A new exhibition will honour Jane Haining, who gave her life to help protect Jewish schoolgirls during the Second World War.

A new exhibition will honour a Scot who gave her life to help protect Jewish schoolgirls during the Second World War.

Jane Haining’s devotion to her pupils led to her death in an extermination camp in Nazi-occupied Poland in 1944.

She was the matron at the Scottish Mission School in Budapest, Hungary, but refused to return home at the outbreak of war, saying the Jewish girls in her care needed her in the “days of darkness”.

Her life is now the focus of a display launching on Friday at Wigtown Parish Church in Dumfries and Galloway, which features photographs, documents, letters and other artefacts.

First Minister Nicola Sturgeon said: “It is important to learn from historical events such as the Holocaust and Jane Haining’s remarkable and brave story is one from which we can all learn.

“Jane’s story and countless others must be remembered and shared in the hope that we will never allow such atrocities to take place again.”

Reverend Eric Boyle, minister of Wigtown and Kirkcowan Parish Church, said: “Jane Haining was a courageous and compassionate woman whose life was cut short during a dark period of history and it is a privilege and honour to host this exhibition.”

The Church of Scotland missionary, from Dunscore near Dumfries, kept the girls safe for nearly five years and was eventually arrested by the Gestapo on eight charges – including working among Jews in her care.

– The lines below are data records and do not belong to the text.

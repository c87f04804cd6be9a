//! The stages of a case: how far the judging of a board has come, and which event leads where.

#![tactic(auto)]

ghost use Rattle.std.specs.Prelude.{◌≡◌, is_some, if◌then◌else◌, Some, Ok, Err};
ghost use Rattle.std.specs.Option.{unwrap_or};
ghost use Rattle.refusals.specs.declared.Refusal.TheVariants.{Stage as StageRefused};
ghost use Rattle.stages.specs.Stages.{after, stage_name};

use refusals::Refusal;
use std::fmt;

/// How far the judging of a board has come.
#[derive(Clone, Copy, PartialEq, Eq, Debug)]
pub enum Stage {
    /// The board is being drawn.
    Draw,
    /// The base formula is being refuted.
    Base,
    /// The base formula is refuted.
    BaseDone,
    /// The step formula is being refuted.
    Step,
    /// Both formulas are refuted: no run of the board is ever bad.
    Safe,
    /// A valuation of the base formula was shown: some run is bad.
    Shown,
}

/// What a call is about.
#[derive(Clone, Copy, PartialEq, Eq, Debug)]
pub enum Event {
    Add,
    Close,
    /// A line with literals.
    Line,
    /// The line without literals, which ends a refutation.
    EmptyLine,
    Strike,
    Pass,
    Show,
}

impl Stage {
    /// Goes on to the stage where the event leads, or refuses it and stays.
    pub fn advance(&mut self, event: Event) -> Result<(), Refusal>
        ensures answer { result ≡ (if is_some (after self.old event) then Ok tt else Err StageRefused) }
        ensures after { self.new ≡ unwrap_or (after self.old event) self.old }
    {
        *self = match (*self, event) {
            (Stage::Draw, Event::Add) => Stage::Draw,
            (Stage::Draw, Event::Close) => Stage::Base,
            (Stage::Base, Event::Line | Event::Strike) => Stage::Base,
            (Stage::Base, Event::EmptyLine) => Stage::BaseDone,
            (Stage::Base, Event::Show) => Stage::Shown,
            (Stage::BaseDone, Event::Pass) => Stage::Step,
            (Stage::Step, Event::Line | Event::Strike) => Stage::Step,
            (Stage::Step, Event::EmptyLine) => Stage::Safe,
            _ => return Err(Refusal::Stage),
        };
        Ok(())
    }

    /// The stage as it is written in a report.
    // As `&'static str`, for callers without a formatter; `Display` writes it.
    pub fn name(self) -> &'static str
        ensures { result.now ≡ stage_name self }
    {
        match self {
            Stage::Draw => "DRAW",
            Stage::Base => "BASE",
            Stage::BaseDone => "BASE DONE",
            Stage::Step => "STEP",
            Stage::Safe => "SAFE",
            Stage::Shown => "SHOWN",
        }
    }
}

impl fmt::Display for Stage {
    ghost output = { λ x. Some (stage_name x) };

    fn fmt<W: fmt::Write>(&self, f: &mut fmt::Formatter<W>) -> fmt::Result {
        f.write_str(self.name())
    }
}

She was betrayed by the cook’s son-in-law, who she caught stealing food.

Miss Haining was imprisoned in Budapest for several months before being moved to the Auschwitz-Birkenau death camp in May 1944, where she likely died in a gas chamber aged 47.

She is the only Scot to have a place among the Righteous Among the Nations at the Yad Vashem Holocaust memorial in Israel.

The exhibition is on loan from the Holocaust Memorial Centre in Budapest and there are aspirations to put it on display in Edinburgh and Glasgow churches in the future.

Its launch coincides with the Wigtown Book Festival, which opens on Friday .

Mary Miller, author of Jane Haining – a Life of Love and Courage, will read from her book at the church as well as speaking at the festival.


The display is open to the public between 10am and 4pm daily during the festival, which runs until October 6.